Items from a dataset
——————————

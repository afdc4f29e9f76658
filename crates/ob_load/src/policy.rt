//! The policy that modules declare over their registry, and the rows that they bring, in the
//! order in which they are taken; or the first name or value of theirs that doesn't fit.

ghost use Rattle.std.specs.Prelude.{◌≡◌, ◌++◌, List, IfErr, IfOk, None, codes, length, map};
ghost use Rattle.ob_access.specs.Policies.{IsPolicyOver};
ghost use Rattle.ob_load.specs.Access as spec;
ghost use Rattle.ob_load.specs.Preset.{declared_preset};
ghost use Rattle.ob_module.specs.Modules.{Module, numbered};
ghost use Rattle.ob_load.specs.Rooms.{BringsOn, GrowsBy, IsOfText, Tells};
ghost use Rattle.ob_module.specs.Rooms.{modules_in};
ghost use Rattle.ob_load.specs.RowFaults.{modules_fault, whole_fault};
ghost use Rattle.ob_schema.specs.Presets.{IsPreset};
ghost use Rattle.toml.specs.View.{table_view};

use crate::access::Declared;
use crate::fault::LoadFault;
use crate::preset::group_rows;
use crate::rows::Brought;
use crate::scope::{Scope, full_name};
use ob_access::Policy;
use ob_base::{NoMemory, Sequence, Word};
use ob_module::{Modules, listed_at, word_at};
use ob_schema::{Preset, Schema};
use std::alloc::Global;
use toml::Table;

/// The policy that modules declare over the registry of their models, and the rows that a new
/// store gets.
pub(crate) fn meaning_of(
    alloc: Global,
    schema: &Schema,
    modules: &Modules,
    taken: &[usize],
) -> Result<(Policy, Preset), LoadFault>
    requires { (all : List Module) × numbered (modules_in modules.now) taken.now all }
    ensures fits { IfOk result (λ _. (all : List Module) → numbered (modules_in modules.now) taken.now all → modules_fault schema.now all ≡ None) }
    ensures declared { IfOk result (λ meant. (all : List Module) → numbered (modules_in modules.now) taken.now all → meant.0 ≡ spec.declared_policy schema.now all) }
    ensures brought { IfOk result (λ meant. (all : List Module) → numbered (modules_in modules.now) taken.now all → meant.1.rows ≡ declared_preset schema.now all) }
    ensures over { IfOk result (λ meant. IsPolicyOver schema.now meant.0) }
    ensures preset { IfOk result (λ meant. IsPreset schema.now meant.1.rows) }
    ensures fault { (all : List Module) → numbered (modules_in modules.now) taken.now all → Tells result (modules_fault schema.now all) }
    ensures read { IfErr result IsOfText }
{
    let mut groups = Sequence::new(alloc);
    let mut declared = Declared::new(alloc);
    let rows = group_rows(alloc, schema, modules, taken)?;
    let mut brought = Brought::behind(alloc, rows);
    for number in taken {
        let owner = modules.name(*number);
        let document = modules.document(*number);
        add_group_names(alloc, owner, document, &mut groups)?;
        let scope = Scope {
            alloc,
            schema,
            owner,
            groups: groups.as_slice(),
        };
        scope.add_module(document, &mut declared, &mut brought)?;
    }
    let preset = Preset { rows: brought.rows };
    let policy = Policy::new(
        alloc,
        schema,
        declared.groups,
        declared.lines,
        declared.rules,
    )?;
    Ok((policy, preset))
}

impl Scope<'_> {
    /// Adds what a document declares of access and the rows that it brings, where all fits.
    fn add_module(
        &self,
        document: &Table,
        declared: &mut Declared,
        brought: &mut Brought,
    ) -> Result<(), LoadFault>
        ensures fits { IfOk result (λ _. whole_fault self.now.schema.now self.now.groups.now brought.old.first self.now.owner.now brought.old.refs declared.old.names (table_view document.now) ≡ None) }
        ensures grows { IfOk result (λ _. let document = table_view document.now in let groups = self.now.groups.now in let owner = self.now.owner.now in
            GrowsBy self.now.schema.now (length self.now.groups.now) declared.old declared.new
            (map (spec.name_of owner) (spec.entries_of (codes "group") document) ++ map (spec.name_of owner) (spec.entries_of (codes "rule") document)
            ++ map (spec.ref_name owner) (spec.entries_of (codes "row") document))
            (map (spec.group_from groups owner) (spec.entries_of (codes "group") document))
            (map (spec.line_from self.now.schema.now groups) (spec.entries_of (codes "access") document))
            (map (spec.rule_from self.now.schema.now groups owner) (spec.entries_of (codes "rule") document))) }
        ensures brings { IfOk result (λ _. BringsOn self.now.schema.now self.now.groups.now self.now.owner.now (spec.entries_of (codes "row") (table_view document.now)) brought.old brought.new) }
        ensures fault { Tells result (whole_fault self.now.schema.now self.now.groups.now brought.old.first self.now.owner.now brought.old.refs declared.old.names (table_view document.now)) }
        ensures read { IfErr result IsOfText }
    {
        self.add(document, declared)?;
        self.add_rows(document, &mut declared.names, brought)
    }
}

/// Adds the full names of the groups of a module.
fn add_group_names(
    alloc: Global,
    owner: &str,
    document: &Table,
    names: &mut Sequence<Word>,
) -> Result<(), NoMemory>
    ensures { IfOk result (λ _. names.new ≡ names.old ++ map (spec.name_of owner.now) (spec.entries_of (codes "group") (table_view document.now))) }
{
    for entry in listed_at(document, "group") {
        names.push(full_name(alloc, owner, word_at(entry, "name"))?)?;
    }
    Ok(())
}
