//! What a module declares of access: its groups, access lines and rules, each entry where it
//! fits. A key of these tables is read here, and its meaning stands in `specs/Access`.

ghost use Rattle.std.specs.Prelude.{◌≡◌, ◌≢◌, ◌∷◌, ◌++◌, [], codes, IfErr, IfOk, None, Ok, Some, length, map, option_map};
ghost use Rattle.ob_access.specs.Policies.{rule_data};
ghost use Rattle.ob_domain.specs.Over.{IsOver};
ghost use Rattle.ob_domain.specs.Trees.{tree_of_domain};
ghost use Rattle.ob_load.specs.Access as spec;
ghost use Rattle.ob_load.specs.AccessFaults as fits;
ghost use Rattle.ob_module.specs.Forms as forms;
ghost use Rattle.ob_module.specs.Meaning.{text_at, texts_at};
ghost use Rattle.ob_load.specs.Rooms.{GrowsBy, IsOfText, Tells};
ghost use Rattle.ob_schema.specs.Models.{HasModel};
ghost use Rattle.toml.specs.Data.{table};
ghost use Rattle.toml.specs.View.{table_view, view};

use crate::entry::Entry;
use crate::fault::{LoadFault, ModuleFault};
use crate::reading::refused_at;
use crate::scope::{GroupName, Scope, is_among};
use ob_access::{AccessLine, Group, Ops, Rule};
use ob_base::{NoMemory, RefList, Sequence, Word};
use ob_module::{AnyKey, AtKey, Form, ListOf, TableOf, Wrong, is_set, listed_at, member, texts_at};
use std::alloc::Global;
use toml::{Table, Value};

/// What modules declare of access, so far.
#[derive(Drop)]
pub(crate) struct Declared {
    /// The full names that are taken.
    pub(crate) names: Sequence<Word>,
    pub(crate) groups: Sequence<Group>,
    pub(crate) lines: Sequence<AccessLine>,
    pub(crate) rules: Sequence<Rule>,
}

impl Declared {
    /// Nothing yet.
    pub(crate) fn new(alloc: Global) -> Declared
        ensures { result ≡ record { names = []; groups = []; lines = []; rules = [] } }
    {
        Declared {
            names: Sequence::new(alloc),
            groups: Sequence::new(alloc),
            lines: Sequence::new(alloc),
            rules: Sequence::new(alloc),
        }
    }
}

impl Scope<'_> {
    /// Adds what a document declares, where all of it fits.
    pub(crate) fn add(&self, document: &Table, declared: &mut Declared) -> Result<(), LoadFault>
        ensures fits { IfOk result (λ _. fits.document_fault self.now.schema.now self.now.groups.now self.now.owner.now declared.old.names (table_view document.now) ≡ None) }
        ensures grows { IfOk result (λ _. let document = table_view document.now in let groups = self.now.groups.now in let owner = self.now.owner.now in
            GrowsBy self.now.schema.now (length self.now.groups.now) declared.old declared.new
            (map (spec.name_of owner) (spec.entries_of (codes "group") document) ++ map (spec.name_of owner) (spec.entries_of (codes "rule") document))
            (map (spec.group_from groups owner) (spec.entries_of (codes "group") document))
            (map (spec.line_from self.now.schema.now groups) (spec.entries_of (codes "access") document))
            (map (spec.rule_from self.now.schema.now groups owner) (spec.entries_of (codes "rule") document))) }
        ensures fault { Tells result (fits.document_fault self.now.schema.now self.now.groups.now self.now.owner.now declared.old.names (table_view document.now)) }
        ensures read { IfErr result IsOfText }
    {
        self.test_fields(document)?;
        self.add_groups(document, declared)?;
        self.add_lines(document, declared)?;
        self.add_rules(document, declared)
    }

    /// Whether the fields of a document's models name groups that there are.
    fn test_fields(&self, document: &Table) -> Result<(), LoadFault>
        ensures fits { IfOk result (λ _. fits.models_fit self.now.groups.now (table_view document.now) ≡ None) }
        ensures fault { Tells result (fits.form_fault self.now.owner.now (fits.models_fit self.now.groups.now (table_view document.now))) }
        ensures read { IfErr result IsOfText }
    {
        let groups = AtKey {
            key: "groups",
            form: ListOf {
                items: GroupName {
                    groups: self.groups,
                },
            },
        };
        let fields = TableOf {
            keys: AnyKey { values: groups },
        };
        let models = ListOf {
            items: AtKey {
                key: "field",
                form: fields,
            },
        };
        match wrong_models(self.alloc, &models, document)? {
            Some(wrong) => {
                let place = wrong.into_place(self.alloc)?;
                Err(refused_at(self.alloc, self.owner, place, ModuleFault::Form))
            }
            None => Ok(()),
        }
    }

    /// Adds the groups of a document.
    fn add_groups(&self, document: &Table, declared: &mut Declared) -> Result<(), LoadFault>
        ensures fits { IfOk result (λ _. fits.first_fault (fits.group_fault self.now.groups.now self.now.owner.now declared.old.names)
            [] (spec.entries_of (codes "group") (table_view document.now)) ≡ None) }
        ensures grows { IfOk result (λ _. let entries = spec.entries_of (codes "group") (table_view document.now) in
            GrowsBy self.now.schema.now (length self.now.groups.now) declared.old declared.new (map (spec.name_of self.now.owner.now) entries)
            (map (spec.group_from self.now.groups.now self.now.owner.now) entries) [] []) }
        ensures fault { Tells result (fits.first_fault (fits.group_fault self.now.groups.now self.now.owner.now declared.old.names)
            [] (spec.entries_of (codes "group") (table_view document.now))) }
        ensures read { IfErr result IsOfText }
    {
        let entries = listed_at(document, "group");
        for (number, value) in entries.iter().enumerate() {
            let entry = Entry {
                table: "group",
                number,
                value,
            };
            let group = self.group_from(declared.names.as_slice(), entry)?;
            declared.names.push(group.name.try_clone(self.alloc)?)?;
            declared.groups.push(group)?;
        }
        Ok(())
    }

    /// Adds the access lines of a document.
    fn add_lines(&self, document: &Table, declared: &mut Declared) -> Result<(), LoadFault>
        ensures fits { IfOk result (λ _. fits.first_fault (fits.line_fault self.now.schema.now self.now.groups.now self.now.owner.now)
            [] (spec.entries_of (codes "access") (table_view document.now)) ≡ None) }
        ensures grows { IfOk result (λ _. let entries = spec.entries_of (codes "access") (table_view document.now) in
            GrowsBy self.now.schema.now (length self.now.groups.now) declared.old declared.new [] [] (map (spec.line_from self.now.schema.now self.now.groups.now) entries) []) }
        ensures fault { Tells result (fits.first_fault (fits.line_fault self.now.schema.now self.now.groups.now self.now.owner.now)
            [] (spec.entries_of (codes "access") (table_view document.now))) }
        ensures read { IfErr result IsOfText }
    {
        let entries = listed_at(document, "access");
        for (number, value) in entries.iter().enumerate() {
            let entry = Entry {
                table: "access",
                number,
                value,
            };
            declared.lines.push(self.line_from(entry)?)?;
        }
        Ok(())
    }

    /// Adds the rules of a document.
    fn add_rules(&self, document: &Table, declared: &mut Declared) -> Result<(), LoadFault>
        ensures fits { IfOk result (λ _. fits.first_fault (fits.rule_fault self.now.schema.now self.now.groups.now self.now.owner.now declared.old.names)
            [] (spec.entries_of (codes "rule") (table_view document.now)) ≡ None) }
        ensures grows { IfOk result (λ _. let entries = spec.entries_of (codes "rule") (table_view document.now) in
            GrowsBy self.now.schema.now (length self.now.groups.now) declared.old declared.new (map (spec.name_of self.now.owner.now) entries) [] []
            (map (spec.rule_from self.now.schema.now self.now.groups.now self.now.owner.now) entries)) }
        ensures fault { Tells result (fits.first_fault (fits.rule_fault self.now.schema.now self.now.groups.now self.now.owner.now declared.old.names)
            [] (spec.entries_of (codes "rule") (table_view document.now))) }
        ensures read { IfErr result IsOfText }
    {
        let entries = listed_at(document, "rule");
        for (number, value) in entries.iter().enumerate() {
            let entry = Entry {
                table: "rule",
                number,
                value,
            };
            let rule = self.rule_from(declared.names.as_slice(), entry)?;
            declared.names.push(rule.name.try_clone(self.alloc)?)?;
            declared.rules.push(rule)?;
        }
        Ok(())
    }

    /// The group of an entry.
    fn group_from(&self, taken: &[Word], entry: Entry<'_>) -> Result<Group, LoadFault>
        ensures fits { IfOk result (λ _. fits.group_fits self.now.groups.now taken.now self.now.owner.now (view entry.entry.value.now) ≡ None) }
        ensures made { IfOk result (λ group. group ≡ spec.group_from self.now.groups.now self.now.owner.now (view entry.entry.value.now)) }
        ensures fault { Tells result (fits.form_fault self.now.owner.now (fits.in_entry entry.entry.table.now entry.entry.number
            (fits.group_fits self.now.groups.now taken.now self.now.owner.now (view entry.entry.value.now)))) }
        ensures read { IfErr result IsOfText }
    {
        self.test_groups(entry, "implies")?;
        let name = self.group_name(taken, entry)?;
        let implies = match self.groups_listed(entry.value, "implies")? {
            Some(implies) => implies,
            None => RefList::new(self.alloc),
        };
        Ok(Group { name, implies })
    }

    /// The access line of an entry.
    fn line_from(&self, entry: Entry<'_>) -> Result<AccessLine, LoadFault>
        ensures fits { IfOk result (λ _. fits.line_fits self.now.schema.now self.now.groups.now (view entry.entry.value.now) ≡ None) }
        ensures there { IfOk result (λ line. HasModel self.now.schema.now line.model) }
        ensures made { IfOk result (λ line. line ≡ spec.line_from self.now.schema.now self.now.groups.now (view entry.entry.value.now)) }
        ensures fault { Tells result (fits.form_fault self.now.owner.now (fits.in_entry entry.entry.table.now entry.entry.number
            (fits.line_fits self.now.schema.now self.now.groups.now (view entry.entry.value.now)))) }
        ensures read { IfErr result IsOfText }
    {
        let model = self.model_of(entry)?;
        let group = self.group_of(entry)?;
        let ops = granted_ops(entry.value);
        Ok(AccessLine { model, group, ops })
    }

    /// The rule of an entry.
    fn rule_from(&self, taken: &[Word], entry: Entry<'_>) -> Result<Rule, LoadFault>
        requires { entry.table.now ≡ codes "rule" }
        ensures fits { IfOk result (λ _. fits.rule_misfit self.now.schema.now self.now.groups.now self.now.owner.now taken.now entry.entry.number (view entry.entry.value.now) ≡ None) }
        ensures made { IfOk result (λ rule. rule_data rule ≡ spec.rule_from self.now.schema.now self.now.groups.now self.now.owner.now (view entry.entry.value.now)) }
        ensures there { IfOk result (λ rule. HasModel self.now.schema.now rule.model) }
        ensures over { IfOk result (λ rule. IsOver self.now.schema.now rule.model (tree_of_domain rule.domain)) }
        ensures fault { Tells result (fits.rule_misfit self.now.schema.now self.now.groups.now self.now.owner.now taken.now entry.entry.number (view entry.entry.value.now)) }
        ensures read { IfErr result IsOfText }
    {
        let model = self.model_of(entry)?;
        let domain = self.domain_of(model, entry)?;
        self.test_groups(entry, "groups")?;
        let name = self.free_name(taken, entry)?;
        Ok(Rule {
            name,
            model,
            groups: self.groups_listed(entry.value, "groups")?,
            ops: asked_ops(self.alloc, entry.value)?,
            domain,
        })
    }

    /// The ids of the groups in a list at a key, where there is one.
    fn groups_listed(&self, entry: &Value, key: &str) -> Result<Option<RefList>, NoMemory>
        ensures { IfOk result (λ ids. ids ≡ option_map (spec.group_ids self.now.groups.now) (texts_at key.now (view entry.now))) }
    {
        match texts_at(self.alloc, entry, key)? {
            Some(names) => Ok(Some(self.group_ids(names.as_slice())?)),
            None => Ok(None),
        }
    }
}

/// The operations that an access line grants.
fn granted_ops(entry: &Value) -> Ops
    ensures { result ≡ spec.granted_ops (view entry.now) }
{
    Ops {
        read: is_set(entry, "read"),
        create: is_set(entry, "create"),
        write: is_set(entry, "write"),
        unlink: is_set(entry, "unlink"),
    }
}

/// The operations for which a rule is asked.
fn asked_ops(alloc: Global, entry: &Value) -> Result<Ops, NoMemory>
    ensures { IfOk result (λ ops. ops ≡ spec.asked_ops (view entry.now)) }
{
    match texts_at(alloc, entry, "ops")? {
        Some(names) => Ok(ops_named(names.as_slice())),
        None => Ok(Ops::ALL),
    }
}

/// The operations of these names.
fn ops_named(names: &[Word]) -> Ops
    ensures { result ≡ spec.ops_named names.now }
{
    Ops {
        read: is_among(names, "read"),
        create: is_among(names, "create"),
        write: is_among(names, "write"),
        unlink: is_among(names, "unlink"),
    }
}

/// Where the models of a document break a form first.
fn wrong_models<F: Form>(
    alloc: Global,
    form: &F,
    document: &Table,
) -> Result<Option<Wrong>, NoMemory>
    ensures { IfOk result (λ found. found ≡ forms.at_key (codes "model") (F.wrong form.now) (table (table_view document.now))) }
{
    let Some(models) = member(document, "model") else {
        return Ok(None);
    };
    match form.wrong(alloc, models)? {
        Some(wrong) => Ok(Some(wrong.under_key(alloc, "model")?)),
        None => Ok(None),
    }
}
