//! Which modules depend on which: those that depend on themselves, and the order in which
//! modules are taken, each after those on which it depends. Modules are named by their
//! numbers in the order of reading.

ghost use Rattle.std.specs.Prelude.{◌≡◌, ◌<◌, ◌≤◌, ◌↔◌, ◌++◌, ◌∷◌, [], ℕ, List, Contains, IfOk, IfNone, IfSome, IsTrue, MatchOption, Some, true, length, slice_get, option_map};
ghost use Rattle.ob_schema.specs.Chains.{HasChain, Reaches};
ghost use Rattle.ob_load.specs.Dependencies.{DependsOn, IsCyclic, IsFirstCyclic, Takes};
ghost use Rattle.ob_module.specs.Modules.{Module, has_module, numbered, wanted};
ghost use Rattle.ob_load.specs.Rooms.{AddsOnce, AreReadWhole, ReachedBy, TakesOn};
ghost use Rattle.ob_module.specs.Rooms.{modules_in};

use ob_base::limits::MAX_MODULES;
use ob_base::{NoMemory, Word};
use ob_module::{Modules, depends_of, text_of};
use std::alloc::Global;

/// The first module that depends on itself, directly or through others.
pub(crate) fn first_cyclic(alloc: Global, modules: &Modules) -> Result<Option<usize>, NoMemory>
    ensures found { IfOk result (λ found. IfSome found
        (λ n. (m : Module) × (slice_get (modules_in modules.now) n ≡ Some m) × IsFirstCyclic (modules_in modules.now) m.name)) }
    ensures none { IfOk result
        (λ found. IfNone found ((name : List ℕ) → IsCyclic (modules_in modules.now) name → ⊥)) }
{
    for number in 0..modules.len() {
        if is_cyclic(alloc, modules, number)? {
            return Ok(Some(number));
        }
    }
    Ok(None)
}

/// Whether a module depends on itself, directly or through others.
fn is_cyclic(alloc: Global, modules: &Modules, number: usize) -> Result<bool, NoMemory>
    requires { number < length (modules_in modules.now) }
    ensures { IfOk result (λ cyclic. (m : Module) → slice_get (modules_in modules.now) number ≡ Some m
        → (IsTrue cyclic ↔ IsCyclic (modules_in modules.now) m.name)) }
{
    let mut reached = Vec::new(alloc);
    add_depends(modules, number, &mut reached)?;
    for place in 0..modules.len() {
        if reached.len() <= place {
            return Ok(reached.contains(&number));
        }
        let next = reached[place];
        add_depends(modules, next, &mut reached)?;
    }
    Ok(reached.contains(&number))
}

/// Adds the modules on which one depends to those that are reached, each once.
fn add_depends(modules: &Modules, number: usize, reached: &mut Vec<usize>) -> Result<(), NoMemory>
    requires { number < length (modules_in modules.now) }
    ensures { IfOk result
        (λ _. ReachedBy (modules_in modules.now) number reached.old.items reached.new.items) }
{
    for name in depends_of(modules.document(number)) {
        if let Some(other) = modules.number_of(text_of(name)) {
            add_number(other, reached)?;
        }
    }
    Ok(())
}

/// Adds a number to others, unless it is one of them.
fn add_number(number: usize, numbers: &mut Vec<usize>) -> Result<(), NoMemory>
    ensures { IfOk result (λ _. AddsOnce number numbers.old.items numbers.new.items) }
{
    if !numbers.contains(&number) {
        numbers.push(number)?;
    }
    Ok(())
}

/// The modules in the order in which they are taken: those that are loaded in any case,
/// then the named ones, each after those on which it depends.
pub(crate) fn in_order(
    alloc: Global,
    modules: &Modules,
    names: &[Word],
) -> Result<Vec<usize>, NoMemory>
    requires whole { AreReadWhole (modules_in modules.now) (wanted names.now) }
    requires acyclic { (name : List ℕ) → IsCyclic (modules_in modules.now) name → ⊥ }
    requires few { length (modules_in modules.now) ≤ 64 }
    ensures { IfOk result (λ taken. (all : List Module) × numbered (modules_in modules.now) taken.items all
        × Takes (modules_in modules.now) [] (wanted names.now) all) }
{
    let mut taken = Vec::new(alloc);
    take(modules, "base", MAX_MODULES, &mut taken)?;
    take(modules, "stock", MAX_MODULES, &mut taken)?;
    for name in names {
        take(modules, name.as_str(), MAX_MODULES, &mut taken)?;
    }
    Ok(taken)
}

/// Takes a module, and before it those on which it depends, where they aren't taken yet. No
/// chain of so many modules follows on it.
fn take(modules: &Modules, name: &str, left: usize, taken: &mut Vec<usize>) -> Result<(), NoMemory>
    requires whole { AreReadWhole (modules_in modules.now) (name.now ∷ []) }
    requires short { HasChain (DependsOn (modules_in modules.now)) left name.now → ⊥ }
    ensures { IfOk result (λ _. TakesOn (modules_in modules.now) taken.old.items (name.now ∷ []) taken.new.items) }
{
    // Each module that another depends on was read.
    let Some(number) = modules.number_of(name) else {
        unreachable!();
    };
    if taken.contains(&number) {
        return Ok(());
    }
    for other in depends_of(modules.document(number)) {
        // A chain of none is always there, so some are left.
        take(modules, text_of(other), left - 1, taken)?;
    }
    taken.push(number)?;
    Ok(())
}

——————————

Your task: Copy whichever lines of the records above contain the word "next".

Solution to this problem:
        let next = reached[place];
        add_depends(modules, next, &mut reached)?;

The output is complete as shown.